[R-sig-ME] Statistical significance of random-effects (lme4 or others)
Simon Harmel
@|m@h@rme| @end|ng |rom gm@||@com
Mon Sep 7 06:28:19 CEST 2020
Dear J,
My goal is not to do any comparison between any models. Rather, for each
model I want to know if the variance component is different from 0 or not.

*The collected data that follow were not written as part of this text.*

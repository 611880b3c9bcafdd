// What a result that is given back comes to.
ghost use Rattle.std.specs.Prelude.{◌≡◌, IfOk, IfSome, IsOk, None, Ok, OnOk, Some, false};
ghost use Rattle.std.specs.Option.{IsSome};
ghost use Rattle.std.specs.Arc.{arc_value};
ghost use Rattle.eval_step.specs.Evaluation.{IsOf};
ghost use Rattle.lent_pieces.specs.Back.{GivesBack, HasGiven};
ghost use Rattle.lent_pieces.specs.Claims.{FindsLive, IsAbandoned};
ghost use Rattle.lent_pieces.specs.Doomed.{FindsDoomed, IsDoomed, IsToAbort};
ghost use Rattle.lent_pieces.specs.Giving.{GivesTo, HasHalted, IsMovedOn, IsOpenUnit, IsStanderOf};
ghost use Rattle.world_steps.specs.Kept.{shared_of};
ghost use Rattle.attempt_deciding.specs.TaskAt.{IsTaskAt};
ghost use Rattle.attempt_steps.specs.Tasks.{IsOwned};
ghost use Rattle.attempts_gone.specs.Dropping.{HasAttempt};
ghost use Rattle.shared_world.specs.Marks.{AreMarked, HasMarks};
ghost use Rattle.shared_world.specs.Returned.{IsLive, IsSameMachine};
ghost use Rattle.shared_world.specs.Shared.{kept_machine};
ghost use Rattle.shared_world.specs.Stands.{Stands};
ghost use Rattle.unit_table.specs.Board.{unit_at};
ghost use Rattle.value_core.specs.Named.{named};
ghost use Rattle.world_claim.specs.Lent.{IsMachineOf};
ghost use Rattle.world_claim.specs.Run.{IsRunOf, returned_of};

use crate::claims::{abandon, claimed, live_name, live_piece};
use crate::leading::give_piece;
use actor_turns::give_actor;
use attempt_deciding::{abort_claimed, to_undo};
use attempt_steps::{settle_task, step_task};
use core_syntax::Program;
use eval_step::Machine;
use serial_model::Halt;
use shared_world::Given;
use std::alloc::{AllocError, Global};
use txn_commit::Conflict;
use unit_table::Piece;
use value_core::Name;
use value_core::name_map::find;
use world_claim::Parts;
use world_steps::Kept;

/// A machine that was moved, and where it halts.
#[derive(Drop)]
pub(crate) struct Moved {
    pub(crate) machine: Machine,
    pub(crate) halt: Halt,
}

/// What stands under a name: a unit, a task of the attempt of that unit, or an actor.
#[derive(Drop)]
pub(crate) enum Stander {
    Unit,
    Task(Name),
    Actor,
}

/// What a result with these parts comes to. It is Stale exactly where its claim is out no more, or what it was lent is not what is
/// kept. For want of memory its claim is out no more, and its piece is ready again; where an attempt is to be undone by it, it takes none.
pub fn give(kept: &mut Kept, alloc: Global, parts: Parts) -> Result<Given, AllocError>
    requires stands { Stands (shared_of kept.old) }
    requires marks { HasMarks (shared_of kept.old) }
    requires run { IsRunOf (returned_of (arc_value kept.old.program) parts) }
    ensures gives { GivesBack (shared_of kept.old) (returned_of (arc_value kept.old.program) parts) (shared_of kept.new) result }
    ensures aborts { IsToAbort (shared_of kept.old) (returned_of (arc_value kept.old.program) parts) → IsOk result }
{
    match doomed(kept, &parts) {
        Some(conflict) => Ok(give_doomed(kept, alloc, parts, conflict)),
        None => give_on(kept, alloc, parts),
    }
}

/// Why the attempt is to be undone of whose task that is the result, where it is live and that is so. It takes no memory. The machines
/// are compared last, which may cost most, and only where there is a reason.
fn doomed(kept: &Kept, parts: &Parts) -> Option<Conflict>
    ensures { FindsDoomed (shared_of kept.now) (returned_of (arc_value kept.now.program) parts.now) result }
{
    let name = claimed(kept, parts.ticket)?;
    let conflict = to_undo(kept, name)?;
    let _live = live_name(kept, parts.ticket, parts.work, &parts.machine)?;
    Some(conflict)
}

/// What a result comes to by which an attempt is undone. It takes no memory.
fn give_doomed(kept: &mut Kept, alloc: Global, parts: Parts, conflict: Conflict) -> Given
    requires stands { Stands (shared_of kept.old) }
    requires marks { HasMarks (shared_of kept.old) }
    requires doomed { IsDoomed (shared_of kept.old) (returned_of (arc_value kept.old.program) parts) conflict }
    ensures { HasGiven (shared_of kept.old) (returned_of (arc_value kept.old.program) parts) (shared_of kept.new) result }
{
    let ticket = parts.ticket;
    drop_parts(parts);
    abort_claimed(kept, alloc, ticket, conflict)
}

/// What any other result comes to.
fn give_on(kept: &mut Kept, alloc: Global, parts: Parts) -> Result<Given, AllocError>
    requires stands { Stands (shared_of kept.old) }
    requires marks { HasMarks (shared_of kept.old) }
    requires run { IsRunOf (returned_of (arc_value kept.old.program) parts) }
    ensures { GivesBack (shared_of kept.old) (returned_of (arc_value kept.old.program) parts) (shared_of kept.new) result }
{
    match live_piece(kept, alloc, parts.ticket, parts.work, &parts.machine) {
        Ok(found) => give_found(kept, alloc, found, parts),
        Err(error) => {
            leave(kept, parts);
            Err(error)
        }
    }
}

/// What a result comes to that is live under that name, or under none.
fn give_found(
    kept: &mut Kept,
    alloc: Global,
    found: Option<Name>,
    parts: Parts,
) -> Result<Given, AllocError>
    requires stands { Stands (shared_of kept.old) }
    requires marks { HasMarks (shared_of kept.old) }
    requires run { IsRunOf (returned_of (arc_value kept.old.program) parts) }
    requires found { FindsLive (shared_of kept.old) parts.ticket parts.work parts.machine found }
    ensures { GivesBack (shared_of kept.old) (returned_of (arc_value kept.old.program) parts) (shared_of kept.new) result }
{
    match found {
        Some(name) => give_live(kept, alloc, &name, parts),
        None => {
            leave(kept, parts);
            Ok(Given::Stale)
        }
    }
}

/// The claim of the parts ends, where it is out. It takes no memory.
fn leave(kept: &mut Kept, parts: Parts)
    ensures { IsAbandoned parts.ticket (shared_of kept.old) (shared_of kept.new) }
{
    let ticket = parts.ticket;
    drop_parts(parts);
    abandon(kept, ticket);
}

/// What a result that is live under that name comes to.
fn give_live(kept: &mut Kept, alloc: Global, name: &Name, parts: Parts) -> Result<Given, AllocError>
    requires stands { Stands (shared_of kept.old) }
    requires marks { HasMarks (shared_of kept.old) }
    requires run { IsRunOf (returned_of (arc_value kept.old.program) parts) }
    requires live { IsLive (shared_of kept.old) (returned_of (arc_value kept.old.program) parts) name.now }
    ensures { GivesBack (shared_of kept.old) (returned_of (arc_value kept.old.program) parts) (shared_of kept.new) result }
{
    let Parts {
        ticket,
        work,
        machine,
        halt,
    } = parts;
    kept.units.claims_are_tied();
    match give_piece(kept, alloc, name, work, machine, halt) {
        Ok(found) => given(found),
        Err(error) => {
            abandon(kept, ticket);
            kept.units.claims_are_tied();
            Err(error)
        }
    }
}

/// What the piece comes to whose machine, as it was lent, was given back, with the halt to which it was evaluated, where it
/// was. It is no turn that runs ahead of the history, and begins none: either is taken for want of memory. For want of memory the
/// history is as it was, and the piece as it was, or ready to settle.
pub fn give_to(
    kept: &mut Kept,
    alloc: Global,
    name: &Name,
    machine: Option<Machine>,
    halt: Option<Halt>,
) -> Result<Given, AllocError>
    requires stands { Stands (shared_of kept.old) }
    requires marks { AreMarked (shared_of kept.old) }
    requires going { kept.old.end ≡ None }
    requires unfinished { IsOpenUnit kept.old.units name.now }
    requires same { IsSameMachine (kept_machine (shared_of kept.old) name.now) machine }
    requires of { IsMachineOf (arc_value kept.old.program) machine }
    requires halts { HasHalted (arc_value kept.old.program) machine halt }
    ensures { GivesTo (shared_of kept.old) name.now (shared_of kept.new) result }
{
    match machine {
        Some(machine) => {
            let moved = moved_on(alloc, machine, halt, &kept.program)?;
            give_moved(kept, alloc, name, moved)
        }
        None => {
            drop(halt);
            give_ended(kept, alloc, name)
        }
    }
}

/// What the piece comes to whose machine was moved.
fn give_moved(
    kept: &mut Kept,
    alloc: Global,
    name: &Name,
    moved: Moved,
) -> Result<Given, AllocError>
    requires stands { Stands (shared_of kept.old) }
    requires marks { AreMarked (shared_of kept.old) }
    requires going { kept.old.end ≡ None }
    requires unfinished { IsOpenUnit kept.old.units name.now }
    requires moved { IfSome (kept_machine (shared_of kept.old) name.now) (λ m. IsMovedOn (arc_value kept.old.program) m moved) }
    requires there { IsSome (kept_machine (shared_of kept.old) name.now) }
    ensures { GivesTo (shared_of kept.old) name.now (shared_of kept.new) result }
{
    let Ok(stander) = stander_of(kept, alloc, name) else {
        drop(moved);
        return Err(AllocError);
    };
    match stander {
        Stander::Unit => kept.give_unit(alloc, name, moved.machine, moved.halt),
        Stander::Task(owner) => { step_task(kept, alloc, &owner, name, moved.machine, moved.halt) }
        Stander::Actor => {
            drop(moved);
            Err(AllocError)
        }
    }
}

/// What the piece comes to that has no machine: an actor takes a message; a task has ended, where the root of its attempt
/// has. Another one, of which no claim knows, is taken for want of memory.
fn give_ended(kept: &mut Kept, alloc: Global, name: &Name) -> Result<Given, AllocError>
    requires stands { Stands (shared_of kept.old) }
    requires marks { AreMarked (shared_of kept.old) }
    requires going { kept.old.end ≡ None }
    requires none { kept_machine (shared_of kept.old) name.now ≡ None }
    ensures { GivesTo (shared_of kept.old) name.now (shared_of kept.new) result }
{
    match stander_of(kept, alloc, name)? {
        Stander::Unit => Err(AllocError),
        Stander::Task(owner) => settle_task(kept, alloc, &owner, name),
        Stander::Actor => give_actor(kept, alloc, name),
    }
}

/// What stands under the name. What no claim knows is taken for want of memory.
fn stander_of(kept: &Kept, alloc: Global, name: &Name) -> Result<Stander, AllocError>
    ensures { IfOk result (IsStanderOf (shared_of kept.now) name.now) }
{
    match kept.units.piece(name) {
        Some(Piece::Unit(_)) => level_unit(kept, name),
        Some(Piece::Task(_)) => Ok(Stander::Task(owner_of(kept, alloc, name)?)),
        Some(Piece::Actor(_)) => Ok(Stander::Actor),
        None => Err(AllocError),
    }
}

/// A unit that stands where the history left it. One that runs ahead is taken for want of memory.
fn level_unit(kept: &Kept, name: &Name) -> Result<Stander, AllocError>
    requires { IsSome (unit_at kept.now.units name.now) }
    ensures { IfOk result (IsStanderOf (shared_of kept.now) name.now) }
{
    check_level(kept, name)?;
    Ok(Stander::Unit)
}

/// No turn of that name runs ahead.
fn check_level(kept: &Kept, name: &Name) -> Result<(), AllocError>
    ensures { OnOk result (named name.now (shared_of kept.now).aheads ≡ None) }
{
    match find(&kept.aheads, name) {
        Some(_) => Err(AllocError),
        None => Ok(()),
    }
}

/// The unit whose attempt the task is of.
fn owner_of(kept: &Kept, alloc: Global, task: &Name) -> Result<Name, AllocError>
    requires { IsTaskAt kept.now.units task.now }
    ensures { IfOk result (IsOwned (shared_of kept.now) task.now) }
{
    match kept.owners.get(task) {
        Some(owner) => {
            check_attempt(kept, owner)?;
            owner.copy(alloc)
        }
        None => Err(AllocError),
    }
}

/// The unit is there, and has an attempt.
fn check_attempt(kept: &Kept, owner: &Name) -> Result<(), AllocError>
    ensures { OnOk result (HasAttempt (shared_of kept.now) owner.now) }
{
    match (kept.units.unit(owner), find(&kept.attempts, owner)) {
        (Some(_), Some(_)) => Ok(()),
        _ => Err(AllocError),
    }
}

/// The machine as it was moved, and where it halts. A machine that was not evaluated is run on to there.
pub(crate) fn moved_on(
    alloc: Global,
    machine: Machine,
    halt: Option<Halt>,
    program: &Program,
) -> Result<Moved, AllocError>
    requires of { IsOf program.now machine }
    requires halted { HasHalted program.now (Some machine) halt }
    ensures { IfOk result (IsMovedOn program.now machine) }
{
    match halt {
        Some(halt) => Ok(Moved { machine, halt }),
        None => run_on_to(alloc, machine, program),
    }
}

/// The machine is run on to where it halts.
fn run_on_to(alloc: Global, mut machine: Machine, program: &Program) -> Result<Moved, AllocError>
    requires { IsOf program.now machine }
    ensures { IfOk result (IsMovedOn program.now machine) }
{
    let halt = machine.run_to_ask(alloc, program)?;
    Ok(Moved { machine, halt })
}

/// Drops the parts of a result.
fn drop_parts(_parts: Parts) {}

/// What was found is given.
fn given(found: Given) -> Result<Given, AllocError>
    ensures { result ≡ Ok found }
{
    Ok(found)
}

And what is a p-value for that.
On Sun, Sep 6, 2020 at 11:21 PM Juho Kristian Ruohonen <
juho.kristian.ruohonen using gmail.com> wrote:
> A non-statistician's two cents:
>
> 1. I'm not sure likelihood-ratio tests (LRTs) are valid at all for
> models fit using REML (rather than MLE). The anova() function seems to
> agree, given that its present version (4.0.2) refits the models using MLE
> in order to compare their deviances.
> 2. Even when the models have been fit using MLE, likelihood-ratio
> tests for variance components are only applicable in cases of a single
> variance component. In your case, this means a LRT can only be used for *m1
> vs ols1* and *m2 vs ols2*. There, you simply divide the p-value
> reported by *anova(m1, ols1) *and *anova(m2, ols2)* by two. Both are
> obviously extremely statistically significant. However, models *m3 *and
> *m4* both have two random effects. The last time I checked, the
> default assumption of a chi-squared deviance is no longer applicable in
> such cases, so the p-values reported by Stata and SPSS are only approximate
> and tend to be too conservative. Perhaps you might apply an information
> criterion instead, such as the AIC
> <https://bbolker.github.io/mixedmodels-misc/glmmFAQ.html#can-i-use-aic-for-mixed-models-how-do-i-count-the-number-of-degrees-of-freedom-for-a-random-effect>
> .
>
> Best,
>
> J
>
> ma 7. syysk. 2020 klo 6.48 Simon Harmel (sim.harmel using gmail.com) kirjoitti:
>
>> Dear Victor,
>>
>> I'm looking for the p-value for the "variance components", the variance
>> (or
>> sd) estimated for random-effects in the 4 models I showed?
>>
>> For example, for m1 I'm looking for the p-value for the terms shown below.
>>
>> Linear mixed model fit by REML ['lmerMod']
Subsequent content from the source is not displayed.